Scene Change Detection and Video Content Representation
Aim of the video scene change detection task is to be able to detect the frames where scene changes take place. These scene changes can be classified as “cuts” and “gradual changes.” Clean cuts are sudden changes between the scenes. In contrast, gradual changes, i.e., fade in/out, dissolve, wipe, etc., are generally longer and can be defined as continuous transitions between two different video scenes. Obviously, detection of the gradual changes is a more difficult task. Another difficulty in this task is avoiding false alarms which are likely to be caused by camera and object movements or lighting variations.
In the literature a number of video scene change algorithms have been reported. We have evaluated the potential use of INMF in video scene change detection. The idea behind is that if the INMF accurately represents the scene content and the dynamic changes, a significant increase in the reconstruction error should be detected at the scene change frames. Thus, determination of a video scene change is done by examining the changes on the reconstruction errors of the successive frames.
Tests are carried out on over 130000 (%24 of all the transitions were gradual) frames from the video clips recorded in TRECVID database. In order to reduce computational complexity, the INMF has been performed on the DC images of each frame. Video scene change detection performance of the INMF is evaluated in terms of two criteria: “precision” and “recall”. Precision is defined as the ratio of correct matches to the total number of transitions reported.
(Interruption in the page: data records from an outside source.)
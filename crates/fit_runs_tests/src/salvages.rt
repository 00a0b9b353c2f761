// Files that are salvaged, with bytes and numbers from outside.

ghost use Rattle.std.specs.Prelude.{◌<◌, ◌^◌, length};

use crate::equality::equal;
use crate::failing::Failing;
use fit_files::{Kept, Salvage, salvage_bytes};
use fit_grammar::{FaultKind, FileFault, WriteFailed, encode_file};
use std::alloc::Global;
use std::process::Abort;

// A file of one message, and what is salvaged of it if its last three bytes are missing.
const WHOLE: [u8; 34] = [
    0x0E, 0x10, 0x64, 0x00, 0x12, 0x00, 0x00, 0x00, 0x2E, 0x46, 0x49, 0x54, 0xA1, 0x3B, 0x40, 0x00,
    0x00, 0x00, 0x00, 0x02, 0x00, 0x01, 0x00, 0x04, 0x04, 0x86, 0x00, 0x04, 0x00, 0xCA, 0x9A, 0x3B,
    0x38, 0x1C,
];

const SAVED: [u8; 28] = [
    0x0E, 0x10, 0x64, 0x00, 0x0C, 0x00, 0x00, 0x00, 0x2E, 0x46, 0x49, 0x54, 0x21, 0xBB, 0x40, 0x00,
    0x00, 0x00, 0x00, 0x02, 0x00, 0x01, 0x00, 0x04, 0x04, 0x86, 0xDD, 0x9C,
];

// A message with a developer field, a definition that announces some and has none, and a prefix of a message; and what is
// salvaged of them.
const DEVELOPER: [u8; 37] = [
    0x0C, 0x20, 0x64, 0x00, 0x00, 0x00, 0x00, 0x00, 0x2E, 0x46, 0x49, 0x54, 0x60, 0x00, 0x00, 0x14,
    0x00, 0x01, 0x03, 0x01, 0x02, 0x01, 0x00, 0x02, 0x00, 0x00, 0x64, 0xAB, 0xCD, 0x61, 0x00, 0x00,
    0x14, 0x00, 0x00, 0x00, 0x00,
];

const SAVED_DEVELOPER: [u8; 40] = [
    0x0E, 0x20, 0x64, 0x00, 0x18, 0x00, 0x00, 0x00, 0x2E, 0x46, 0x49, 0x54, 0xDE, 0x44, 0x60, 0x00,
    0x00, 0x14, 0x00, 0x01, 0x03, 0x01, 0x02, 0x01, 0x00, 0x02, 0x00, 0x00, 0x64, 0xAB, 0xCD, 0x61,
    0x00, 0x00, 0x14, 0x00, 0x00, 0x00, 0x56, 0x01,
];

// Messages with compressed timestamps, the last one cut short, and the plain form of what is saved of them.
const COMPRESSED: [u8; 44] = [
    0x0C, 0x10, 0x64, 0x00, 0x00, 0x00, 0x00, 0x00, 0x2E, 0x46, 0x49, 0x54, 0x40, 0x00, 0x00, 0x14,
    0x00, 0x02, 0xFD, 0x04, 0x86, 0x03, 0x01, 0x02, 0x00, 0x00, 0xCA, 0x9A, 0x3B, 0x64, 0x41, 0x00,
    0x00, 0x14, 0x00, 0x01, 0x03, 0x01, 0x02, 0xBE, 0x65, 0xA1, 0x66, 0xA2,
];

static SAVED_PLAIN: [u8; 67] = [
    0x0E, 0x10, 0x64, 0x00, 0x33, 0x00, 0x00, 0x00, 0x2E, 0x46, 0x49, 0x54, 0x62, 0xEF, 0x40, 0x00,
    0x00, 0x14, 0x00, 0x02, 0xFD, 0x04, 0x86, 0x03, 0x01, 0x02, 0x00, 0x00, 0xCA, 0x9A, 0x3B, 0x64,
    0x41, 0x00, 0x00, 0x14, 0x00, 0x01, 0x03, 0x01, 0x02, 0x41, 0x00, 0x00, 0x14, 0x00, 0x02, 0xFD,
    0x04, 0x86, 0x03, 0x01, 0x02, 0x01, 0x1E, 0xCA, 0x9A, 0x3B, 0x65, 0x01, 0x21, 0xCA, 0x9A, 0x3B,
    0x66, 0xC8, 0x43,
];

// A file without records.
const EMPTY: [u8; 16] = [
    0x0E, 0x10, 0x64, 0x00, 0x00, 0x00, 0x00, 0x00, 0x2E, 0x46, 0x49, 0x54, 0x21, 0xEE, 0x00, 0x00,
];

// Asserts that these bytes are salvaged of a file: how many of its records are kept, how many are looked at, and how many after those
// are not.
fn expect_saved(
    rt: &impl Abort,
    alloc: Global,
    bytes: &[u8],
    all: bool,
    saved: &[u8],
    counts: (usize, usize, usize),
)
    requires { length bytes.now < 2 ^ 32 }
{
    let salvage = salvage_bytes(bytes, all).expect(rt, "a header");
    let mut out = Vec::new(alloc);
    assert!(rt; salvage.write(&mut out).is_ok());
    equal(
        rt,
        (salvage.row.len(), salvage.looked_at, salvage.not_looked_at),
        counts,
    );
    equal(rt, out.as_slice(), saved);
}

// The whole file with one byte changed.
fn changed(place: usize, byte: u8) -> [u8; 34] {
    let mut bytes = WHOLE;
    if let Some(changed) = bytes.get_mut(place) {
        *changed = byte;
    }
    bytes
}

// Files, what is salvaged of them, and the counts.
static ROWS: [(&[u8], &[u8], (usize, usize, usize)); 4] = [
    (&SAVED, &SAVED, (12, 12, 0)),
    (&WHOLE, &WHOLE, (18, 18, 0)),
    (&EMPTY, &EMPTY, (0, 2, 0)),
    (&DEVELOPER, &SAVED_DEVELOPER, (24, 25, 0)),
];

#[test]
fn the_longest_row_is_saved(rt: HostRuntime) {
    for (bytes, saved, counts) in ROWS {
        expect_saved(&rt, rt.alloc(), bytes, false, saved, counts);
    }
    expect_saved(&rt, rt.alloc(), &WHOLE[..31], false, &SAVED, (12, 17, 0));
    let wrong = changed(12, 0xA0);
    expect_saved(&rt, rt.alloc(), &wrong, false, &WHOLE, (18, 18, 0));
}

// The header gives the size of the definition alone. The message after it is looked at only if everything is.
#[test]
fn what_stands_after_the_size_is_looked_at_where_all_is(rt: HostRuntime) {
    let short = changed(4, 12);
    expect_saved(&rt, rt.alloc(), &short, false, &SAVED, (12, 12, 6));
    expect_saved(&rt, rt.alloc(), &short, true, &WHOLE, (18, 20, 0));
}

// Asserts that what is salvaged has this plain form.
fn expect_plain(rt: &impl Abort, alloc: Global, bytes: &[u8], plain: &[u8])
    requires { length bytes.now < 2 ^ 32 }
{
    let salvage = salvage_bytes(bytes, false).expect(rt, "a header");
    let file = salvage.plain(alloc).expect(rt, "a plain form");
    let mut out = Vec::new(alloc);
    assert!(rt; encode_file(&file, &mut out).is_ok());
    equal(rt, out.as_slice(), plain);
}

#[test]
fn what_is_saved_has_a_plain_form(rt: HostRuntime) {
    expect_plain(&rt, rt.alloc(), &COMPRESSED, &SAVED_PLAIN);
    expect_plain(&rt, rt.alloc(), &WHOLE[..31], &SAVED);
}

// Fronts of files, and the kind and the place of their faults.
static NO_HEADERS: [(&[u8], FaultKind, usize); 5] = [
    (&[], FaultKind::Truncated, 0),
    (&[0x0D], FaultKind::HeaderSize, 0),
    (&[0x0E, 0x30], FaultKind::Protocol, 1),
    (
        &[
            0x0E, 0x10, 0x64, 0x00, 0x00, 0x00, 0x00, 0x00, 0x2E, 0x46, 0x49,
        ],
        FaultKind::Truncated,
        11,
    ),
    (
        &[
            0x0E, 0x10, 0x64, 0x00, 0x00, 0x00, 0x00, 0x00, 0x2E, 0x46, 0x49, 0x54, 0x21,
        ],
        FaultKind::Truncated,
        13,
    ),
];

#[test]
fn what_begins_with_no_header_is_refused(rt: HostRuntime) {
    for (bytes, kind, place) in NO_HEADERS {
        let fault = salvage_bytes(bytes, false).err();
        equal(&rt, fault, Some(FileFault { kind, place }));
    }
}

// Asserts that an output that fails is reported. What was written is a prefix of the file.
fn fail_output(rt: &impl Abort, salvage: &Salvage<'_>, mut out: Failing) {
    let calls = out.calls;
    assert_eq!(rt; salvage.write(&mut out), Err(WriteFailed), "{calls}");
    assert!(rt; WHOLE.starts_with(&out.held), "{calls}");
}

// Each call of the output fails in turn.
#[test]
fn an_output_that_fails_is_reported(rt: HostRuntime) {
    let salvage = salvage_bytes(&WHOLE, false).expect(&rt, "a header");
    for calls in 0..12 {
        fail_output(&rt, &salvage, Failing::new(rt.alloc(), 3, calls));
    }
    let mut out = Failing::new(rt.alloc(), 3, 20);
    assert!(rt; salvage.write(&mut out).is_ok());
    equal(&rt, out.held.as_slice(), WHOLE.as_slice());
}

// Asserts what is printed about a salvage, and about what was not looked at.
fn expect_printed(rt: &impl Abort, alloc: Global, bytes: &[u8], kept: &[u8], left: &[u8])
    requires { length bytes.now < 2 ^ 32 }
{
    let salvage = salvage_bytes(bytes, false).expect(rt, "a header");
    let mut out = Vec::new(alloc);
    assert!(rt; Kept::Front(salvage).print(None, &mut out).is_ok());
    equal(rt, out.as_slice(), kept);
    out.clear();
    assert!(rt; salvage.print_left(&mut out).is_ok());
    equal(rt, out.as_slice(), left);
}

#[test]
fn so_many_bytes_are_reported(rt: HostRuntime) {
    expect_printed(&rt, rt.alloc(), &WHOLE[..31], b"kept 12 of 17\n", b"");
    let left =
        b"fitrec: 6 bytes after the end that the header gives were not read; salvage --all reads them\n";
    expect_printed(&rt, rt.alloc(), &changed(4, 12), b"kept 12 of 12\n", left);
}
On the other hand, recall is the number of correct matches divided by the total number of actual transitions in the video sequence. Hence, precision gives clue about the system’s false positive performance whereas recall is related to false negative ratio. As it is shown in Table 1, the number of false alarms is small, detection rates for both gradual transitions and cuts are high imposing that the INMF is a promising tool in content analysis.
It is concluded that the introduced incremental non-negative matrix factorization, with its ability to adapt the conventional NMF’s useful features to its incremental nature, is an efficient tool for modelling dynamic content in video applications. Currently we are working on derivation of sparse INMF which could be more beneficial to have more localized, parts-based representations to increase robustness to lighting variations and motion.
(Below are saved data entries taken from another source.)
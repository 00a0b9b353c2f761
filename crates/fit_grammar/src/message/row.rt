// The messages of a file, one after another.

ghost use Rattle.std.specs.Prelude.{◌≡◌};
ghost use Rattle.fit_grammar.specs.Calls.LentItem.{messages_in};

use crate::item::{FileItem, Items};
use crate::message::{Message, message_in};
use std::marker::Model;

/// The messages of a file in order, with the time carried along. Contracts see the messages that are left.
#[derive(Drop)]
pub struct Messages<'a> {
    items: Items<'a>,
}

impl<'a> Model for Messages<'a> {
    ghost use Rattle.std.specs.Prelude.{List};
    ghost use Rattle.fit_grammar.specs.Format.Message.{Message as AnyMessage};
    ghost use Rattle.fit_grammar.specs.Calls.LentItem.{messages_in};

    ghost Value = { List AnyMessage };

    ghost view = { λ s. messages_in s.items };
}

impl<'a> Messages<'a> {
    // The messages among these items.
    pub(crate) fn new(items: Items<'a>) -> Self
        ensures { result ≡ messages_in items.entry }
    {
        Messages { items }
    }
}

impl<'a> Iterator for Messages<'a> {
    ghost use Rattle.std.specs.Iterator.{item_count, YieldsFirstBy};

    type Item = Message<'a>;

    ghost next_gives = { YieldsFirstBy (λ m. m.message) (λ s. s) };

    ghost remaining = { item_count (λ s. s) };

    #[inline(always)] // For the same reason as `Items`.
    fn next(&mut self) -> Option<Message<'a>> {
        while let Some(item) = self.items.next() {
            if let FileItem::Data(data, time) = item {
                return Some(message_in(&data, time));
            }
        }
        None
    }
}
Table 1. Scene change detection performance of the INMF.
|True Positives #||590||174||764|
|False Negatives #||42||28||70|
|False Positives #||120|
Bucak, S.S., Gunsel, B.,” Video Content Representation by Incremental Non-negative Matrix Factorization, “ IEEE International Conference on Image Processing (ICIP), San Antonio, Texas, USA, 16-19 September 2007.
Clustering via NMF
It has been shown that (Ding & Li, 2006) non-negative matrix factorization is related to K-means clustering. After investigating this relationship and extending it to the incremental non-negative matrix factorization (INMF) scheme, we aim to implement the clustering ability of NMF on video content representation task. Formerly, we have been using reconstructing performance as a criterion in detecting scene changes for video content representation tasks. We now investigate whether the performance of the INMF in this task could be improved by adding and using its clustering feature. Our aim is to include the performance criteria used in clustering tasks into our project in order to obtain better decision criteria for scene change detection and key frame selection tasks.
Clustering approach of NMF could also be useful in understanding the nature of NMF. Our recent experiments have shown that rank selection, clustering and sparseness are related in NMF implementations. Examining clustering performance of the representations could be useful in determining the optimal rank. Hence, we are currently investigating the relationship between rank and clustering, and working on finding optimal rank selection scheme based on clustering performance criteria.